Interstate 44 through Oklahoma is almost all toll-road. Charge you for two cars if you are towing a trailer.

Where's your least favorite bottle-neck that the rest of us should avoid?


----------



## NDJollyMon (Aug 22, 2003)

I like to get off the Interstate when there is a short cut to my destination, or in heavy traffic. Everyone is in such a hurry these days, NOT driving the speed limit or above may get you in a wreck!


----------



## summergames84 (Mar 6, 2004)

My least favorite bottle neck is Houston.







And all our "backroads" are crowded, too! There isn't one interstate or major highway around here that isn't under construction! Oh, the woes of Houston drivers! When travelling with the Outback, we try to avoid the interstates for our short trips. Most of the state parks we go to are on our side of Houston, making the drives much better.

My parents live in La, so we've encountered that Baton Rouge nightmare many times.

And by the way, Shake1969:

Go Sooners!!


----------



## shake1969 (Sep 21, 2004)

Actually, I pull more for Oklahoma State.










But you gotta love the Sooners this Saturday!


----------



## Jevi (May 28, 2004)

Backroads, Backroads, Backroads. Interstates are only for those in a hurry. I avoid major highways like the plague. However, they can sometimes be useful when you want to get clear of a large city in a hurry. I camp to see nature, not miles and miles of concrete jungles!


----------



## hatcityhosehauler (Feb 13, 2004)

For short trips, not far from home, I will look for alternate routes, but when we go away for a week at a time, I'm looking for a multilane, limited access highway to reduce driving time, and maximize Outbacking time. I couldn't imagine driving up US 1 from my house to get to Bar Harbor, ME or to Ivy Lea, Ontario. Those trips were 10 and 7 hours using interstates, parkway's, turnpikes, and thruways.

Like wise, we are planning a trip to Fort Wilderness in 2006, and I would not drive to FL on back roads. Like before, it is long enough on the interstate. The more time I spend driving, the less time I have to sit under my awning, and make periodic checks of the temperature of the fridge.









Tim


----------



## BigBadBrain (Aug 26, 2004)

OK! Tim wants us all to check our fridges!

Cheers!


----------



## Golden Mom (Apr 25, 2004)




----------



## Thor (Apr 7, 2004)

In Canada, this is an easy one. We do not have any interstates only backroads, dirt roads and paths Oh wait does the 401 count









Stay of the major roads unless we are doing a point to point drive.

Thor


----------



## dougdogs (Jul 31, 2004)

on a scale of 1 to 10, I put backroads at about a 17









But, some of my favorite backroad routes are not very "trailer friendly"

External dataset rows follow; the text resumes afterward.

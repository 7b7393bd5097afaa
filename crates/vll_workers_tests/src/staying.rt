//! Tests of how long a worker stays.
ghost use Rattle.std.specs.Prelude.{◌≡◌, nat_eq};
ghost use Rattle.std.specs.List.{IsDistinct};
ghost use Rattle.vll_queue.specs.Shown.{name_of};
ghost use Rattle.vll_sca.specs.Placing.{placing};
ghost use Rattle.vll_tokens.specs.Tokens.{AreFit, clients_of};

use crate::asserts::{equal, holds};
use crate::gates::Halt;
use crate::opening::opening;
use crate::runs::{begins, ends, waits};
use crate::tokens::{all_calling, closes, last_and_others, output_of};
use std::alloc::Global;
use std::marker::Brand;
use std::process::Abort;
use std::sync::Wait;
use std::sync::atomic::{AtomicBool, Ordering};
use std::test::*;
use std::thread::{Threads, join, yield_now};
use vll_core::Ticket;
use vll_engine::{Engine, Name, Opening, Session};
use vll_sca::Placing;
use vll_workers::{Gate, Token, run};

// How often a thread checks whether another one has come so far, which takes some seconds.
const MOST_LOOKS: u32 = 20_000_000;

// Tickets 2 to 5 run one after the other, and ticket 6 waits for ticket 0.
const LAST_OF_CHAIN: u32 = 5;

// Waits for another thread, unless that takes long.
fn awaits(has_come: &AtomicBool) {
    for _ in 0..MOST_LOOKS {
        if has_come.load(Ordering::SeqCst) {
            return;
        }
        yield_now();
    }
}

// Begins the calls, and lets the run begin. Once the worker has reached its halt, finishes ticket 0 under a hold, which
// is taken before the worker may go on.
fn begins_and_finishes<N: Name, R: Wait + Abort>(
    rt: &R,
    engine: &Engine<N, Placing>,
    session: Session,
    is_ready: &AtomicBool,
    halt: &Halt,
) -> Session
    requires { session.table ≡ N.engine.table }
    ensures { result.table ≡ N.engine.table }
{
    let mut session = session;
    let zero = begins(rt, engine, &mut session, 0);
    let one = begins(rt, engine, &mut session, 1);
    for ticket in 2..=LAST_OF_CHAIN {
        waits(rt, engine, &mut session, 1, Ticket(ticket));
    }
    waits(rt, engine, &mut session, 0, Ticket(LAST_OF_CHAIN + 1));
    ends(rt, engine, one);
    is_ready.store(true, Ordering::SeqCst);
    awaits(&halt.has_come);
    let zero = engine.release(engine.execute(zero));
    let mut hold = engine.hold(rt);
    halt.may_go.store(true, Ordering::SeqCst);
    hold.finish(zero);
    session
}

// Returns whether a run of one worker, which begins once the calls have begun, ends well, and the session that made
// these calls.
fn runs_beside<N: Name + Send + Sync, R: Wait + Threads + Abort + Sync, G: Gate + Sync>(
    rt: &R,
    alloc: Global,
    engine: &Engine<N, Placing>,
    tokens: Vec<Token>,
    session: Session,
    gate: &G,
    halt: &Halt,
) -> (bool, Session)
    requires fit { AreFit N.engine tokens.items }
    requires distinct { IsDistinct nat_eq (clients_of tokens.items) }
    requires session { session.table ≡ N.engine.table }
    ensures { result.1.table ≡ N.engine.table }
{
    let is_ready = AtomicBool::new(false);
    let ready = &is_ready;
    join(
        rt,
        move || -> bool
            requires fit { AreFit N.engine tokens.items }
            requires distinct { IsDistinct nat_eq (clients_of tokens.items) }
        {
            awaits(ready);
            run(rt, rt, alloc, engine, tokens, 1, gate).is_ok()
        },
        move || -> Session
            requires { session.table ≡ N.engine.table }
            ensures { result.table ≡ N.engine.table }
        { begins_and_finishes(rt, engine, session, ready, halt) },
    )
}

// One worker has a token in its first two rounds, and executes a chain of calls that waits. In the round that finishes
// the last of them, it has no token and finds no call, and it is held back at the end of that round. Then another call
// may run, which its next round finds.
fn stays_after_an_empty_round<N: Name + Send + Sync, R: Wait + Threads + Abort + Sync>(
    rt: &R,
    alloc: Global,
    opening: Opening<Placing>,
) -> Result<(), Fail>
    requires { N.engine ≡ name_of placing opening }
{
    let (engine, sessions) = opening.start::<N>();
    let (session, sessions) = last_and_others::<N>(rt, sessions);
    let tokens = all_calling::<N>(rt, alloc, engine.library(), sessions, "bump", 1, 0)?;
    let halt = Halt::new(Ticket(LAST_OF_CHAIN));
    let (is_well, mut session) = runs_beside(rt, alloc, &engine, tokens, session, &halt, &halt);
    holds(rt, is_well);
    holds(rt, halt.has_come.load(Ordering::SeqCst));
    let reply = engine.reply(rt, &mut session, Ticket(LAST_OF_CHAIN + 1));
    equal(rt, output_of(&reply), Some(2));
    closes(rt, engine, Vec::new(alloc), &[2, 5], &[1, 1, 2, 3, 4, 5, 2]);
    Ok(())
}

// With two tokens for one worker, which therefore takes them before a hold.
#[test]
fn worker_stays_after_a_round_without_a_token(rt: HostRuntime) -> Result<(), Fail> {
    let opening = opening(rt.alloc(), 2, 7, 3)?;
    stays_after_an_empty_round::<Brand, HostRuntime>(&rt, rt.alloc(), opening)
}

My wife's car is a BMW 330, so we know all about the benefits of adding an extra 30-50 miles to our trips by going the roads less traveled.


----------



## luv2rv (Jun 21, 2004)

Depends on where we are headed . If we are going to Northern Ontario it's back roads all the way.

When we headed to Darien Lake in September we used the 407 to 401 combo to the border.

With my old TV this would have been a nightmare ... but with the Sierra it was great travelling at 65-70 MPH.

Wayne


----------